The effect of different doses of cyclosporin A on the systemic exposure of orally administered paclitaxel

The objective of this study was to define the minimally effective dose of cyclosporin A (CsA) that would result in a maximal increase of the systemic exposure to oral paclitaxel. Six evaluable patients participated in this randomized cross-over study in which they received at two occasions two doses of 90 mg/m oral paclitaxel 7 h apart in combination with 10 or 5 mg/kg CsA. Dose reduction of CsA from 10 to 5 mg/kg resulted in a statistically significant decrease in the area under the plasma concentration-time curve (AUC) and time above the threshold concentrations of 0.1 μM (T>0.1 μM) of oral paclitaxel.
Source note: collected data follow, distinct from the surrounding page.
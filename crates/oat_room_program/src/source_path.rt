ghost use Rattle.std.specs.Prelude.{◌≡◌, ◌∷◌, ◌-◌, [], length, drop, IfOk};
ghost use Rattle.oat_room_program.specs.Interpret.{source_path_text};

use oat_check::Checked;
use oat_ir::{Program, SourceEdge};
use oat_page::Pieces;
use oat_report::source_line;
use std::alloc::{AllocError, Global};

/// The lines of a path of a program, each made as it is put.
#[derive(Drop)]
pub struct SourcePath {
    checked: Checked,
    path: Vec<SourceEdge>,
    at: usize,
}

impl SourcePath {
    pub fn of(checked: Checked, path: Vec<SourceEdge>) -> SourcePath
        ensures { ⟦<SourcePath as Pieces>⟧.text result ≡ source_path_text checked path.items }
    {
        SourcePath {
            checked,
            path,
            at: 0,
        }
    }
}

/// The line of one edge.
fn edge_line(alloc: Global, program: &Program, edge: &SourceEdge) -> Result<Vec<u8>, AllocError>
    ensures { IfOk result (λ text. text.items ≡ source_path_text program.now (edge.now ∷ [])) }
{
    let mut text = source_line(alloc, program, edge)?;
    text.extend_from_slice(b"\n")?;
    Ok(text)
}

impl Pieces for SourcePath {
    ghost text = { λ lines. source_path_text lines.checked (drop lines.at lines.path.items) };

    ghost turns = { λ lines. length lines.path.items - lines.at };

    fn next(&mut self, alloc: Global) -> Result<Option<Vec<u8>>, AllocError> {
        if self.at < self.path.len() {
            let line = edge_line(alloc, self.checked.program(), &self.path[self.at])?;
            self.at += 1;
            return Ok(Some(line));
        }
        Ok(None)
    }
}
The mean (±SD) AUC and T>0.1 μM values of oral paclitaxel with CsA 10 mg/kg were 4.29±0.88 μM·h and 12.0±2.1 h, respectively. With CsA 5 mg/kg these values were 2.75±0.63 μM·h and 7.0±2.1 h, respectively (p = 0.028 for both parameters). In conclusion, dose reduction of CsA from 10 to 5 mg/kg resulted in a significant decrease in the AUC and T>0.1 μM values of oral paclitaxel. Because CsA 10 mg/kg resulted in similar paclitaxel AUC and T>0.1 μM values compared to CsA 15 mg/kg (data which we have published previously), the minimally effective dose of CsA is determined at 10 mg/kg.